8. The composite material of claim 1 in which at least one of the first monomer and the second monomer comprises about 25 wt % to about 100 wt % of a monomer selected from the group consisting of fluorine containing monomers, silicon containing monomers and mixtures thereof.

9. The composite material of claim 8 in which the monomer selected from the group consisting of fluorine containing monomers, silicon containing monomers and mixtures thereof is selected from the group consisting of fluorine-containing monomers and mixtures thereof, and the polydispersity of the block co-polymer is equal to or less than 2.5.

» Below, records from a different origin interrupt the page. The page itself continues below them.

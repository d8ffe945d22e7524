//! Migrates a store from version 1 to version 2.
ghost use Rattle.std.specs.Prelude.{◌≡◌, ◌≤◌, ℕ, List, false, IfOk, IfErr, OnOk};
ghost use Rattle.std.specs.List.Sorted.{IsPermutation};
ghost use Rattle.nest_core.specs.Museum.{Museum};
ghost use Rattle.posting_core.specs.declared.entry.Entry.{Entry};
ghost use Rattle.posting_core.specs.Lawful.{IsLawful};
ghost use Rattle.sqlite.specs.Held.{state};
ghost use Rattle.sqlite.specs.State.{HasCleanDisk, Survives};
ghost use Rattle.register_store.specs.StoredRows.{rows_of_terms};
ghost use Rattle.register_sql.specs.Ages.{IsFirst};
ghost use Rattle.register_sql.specs.Binding.{IsSettled};
ghost use Rattle.register_sql.specs.Failing.{Excused};
ghost use Rattle.register_sql.specs.Migrating.{days_given, IsRaisable, IsRaised, IsLeft};
ghost use Rattle.register_sql.specs.Migrating.{LeavesMoved};
ghost use Rattle.register_sql.specs.Queries.{IsPart};
ghost use Rattle.register_sql.specs.Says.{metas_in};

use crate::profile::{compare, profile_of};
use crate::queries::Query;
use crate::rowids::is_apart;
use crate::upgrade::lift_whole;
use crate::version::{Age, age_of};
use crate::version_one::early_list;
use nest_core::Setup;
use register_store::StoreFault;
use sqlite::{Alter, Connection, Error};
use std::alloc::Global;

/// Ok if the store is of version 2 now, otherwise why it isn't.
type Answer = Result<(), StoreFault>;

/// A law: the last days that the entries of a lawful list set, each replacing the loan's previous
/// one, are those of looking back.
pub fn given_days_are_of_looking_back()
    ensures { (S : Museum) (depth : ℕ) (P : List Entry) → IsLawful S depth P
        → IsPermutation (rows_of_terms P) (days_given P) }
{}

/// Migrates a store of version 1 that has this setup and distinct rowids. Faults: Damaged with the
/// number of the first row that is no entry of version 1; NoMemory.
fn move_entries<S: Alter>(
    alloc: Global,
    conn: &mut Connection<S>,
    setup: &Setup,
) -> Result<Answer, Error>
    requires raisable { HasCleanDisk (state S.Store conn.old)
        → IsRaisable setup.now (state S.Store conn.old) }
    requires between { conn.old.in_transaction ≡ false }
    ensures between { conn.new.in_transaction ≡ false }
    ensures raised { HasCleanDisk (state S.Store conn.new) → IfOk result (λ answer.
        OnOk answer (IsRaised setup.now (state S.Store conn.old) (state S.Store conn.new))) }
    ensures refused { HasCleanDisk (state S.Store conn.new) → IfOk result (λ answer. IfErr answer
        (IsLeft setup.now (state S.Store conn.old) (state S.Store conn.new))) }
    ensures crash { Survives (state S.Store conn.old) (state S.Store conn.new)
        (LeavesMoved setup.now (state S.Store conn.old)) }
    ensures excused { Excused (state S.Store conn.old) (state S.Store conn.new) result }
{
    let listed = early_list(alloc, conn, setup.stations())?;
    let entries = match listed {
        Ok(entries) => entries,
        Err(fault) => return Ok(Err(fault)),
    };
    lift_whole(conn, &entries)?;
    Ok(Ok(()))
}

/// Migrates a store of the first `made` tables whose rows about itself are those of version 1.
/// Faults: those of `compare`; Store if the rowids of `meta` aren't distinct numbers; those of
/// `move_entries`.
fn move_first<S: Alter>(
    alloc: Global,
    conn: &mut Connection<S>,
    setup: &Setup,
    made: usize,
) -> Result<Answer, Error>
    requires few { made ≤ 6 }
    requires part { HasCleanDisk (state S.Store conn.old) → IsPart made (state S.Store conn.old) }
    requires first { HasCleanDisk (state S.Store conn.old)
        → IsFirst (metas_in made (state S.Store conn.old).now.trees) }
    requires between { conn.old.in_transaction ≡ false }
    ensures between { conn.new.in_transaction ≡ false }
    ensures raised { HasCleanDisk (state S.Store conn.new) → IfOk result (λ answer.
        OnOk answer (IsRaised setup.now (state S.Store conn.old) (state S.Store conn.new))) }
    ensures refused { HasCleanDisk (state S.Store conn.new) → IfOk result (λ answer. IfErr answer
        (IsLeft setup.now (state S.Store conn.old) (state S.Store conn.new))) }
    ensures crash { Survives (state S.Store conn.old) (state S.Store conn.new)
        (LeavesMoved setup.now (state S.Store conn.old)) }
    ensures excused { Excused (state S.Store conn.old) (state S.Store conn.new) result }
{
    let compared = compare(alloc, conn, setup, made, 5)?;
    if let Err(fault) = compared {
        return Ok(Err(fault));
    }
    let apart = is_apart(conn, Query::MetaIds, 5)?;
    if !apart {
        return Ok(Err(StoreFault::Store));
    }
    let answer = move_entries(alloc, conn, setup);
    answer
}

/// Migrates the store, or returns why it can't be migrated. A rejected store stays as it was. The
/// outer error is that of a failed statement, after which the connection may be closed.
pub(crate) fn migrate<S: Alter>(
    alloc: Global,
    conn: &mut Connection<S>,
    setup: &Setup,
) -> Result<Answer, Error>
    requires settled { HasCleanDisk (state S.Store conn.old) → IsSettled (state S.Store conn.old) }
    requires between { conn.old.in_transaction ≡ false }
    ensures between { conn.new.in_transaction ≡ false }
    ensures raised { HasCleanDisk (state S.Store conn.new) → IfOk result (λ answer.
        OnOk answer (IsRaised setup.now (state S.Store conn.old) (state S.Store conn.new))) }
    ensures refused { HasCleanDisk (state S.Store conn.new) → IfOk result (λ answer. IfErr answer
        (IsLeft setup.now (state S.Store conn.old) (state S.Store conn.new))) }
    ensures crash { Survives (state S.Store conn.old) (state S.Store conn.new)
        (LeavesMoved setup.now (state S.Store conn.old)) }
    ensures excused { Excused (state S.Store conn.old) (state S.Store conn.new) result }
{
    let found = profile_of(alloc, conn)?;
    let (made, age) = match found {
        Ok(profile) => (profile.made, age_of(&profile.metas)),
        Err(fault) => return Ok(Err(fault)),
    };
    match age {
        Age::New => Ok(Err(StoreFault::OtherVersion)),
        Age::Second => Ok(Ok(())),
        Age::First => {
            let answer = move_first(alloc, conn, setup, made);
            answer
        }
        Age::Other => Ok(Err(StoreFault::OtherVersion)),
        Age::Damaged => Ok(Err(StoreFault::Damaged(0))),
    }
}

10. The composite material of claim 1 in which the monomer not selected from the group consisting of fluorine containing monomers, silicon containing monomers and mixtures thereof comprises a hydroxyl group, carboxylic acid group, glycidyl group or an amino group.

11. The composite material of claim 9 further comprising a second polymer free of monomers selected from the group consisting of fluorine containing monomers, silicon containing monomers and mixtures thereof to form a polymer mixture.

12. The composite material of claim 1 in which said first monomer and/or said second monomer are polymerized in a bulk polymerization system.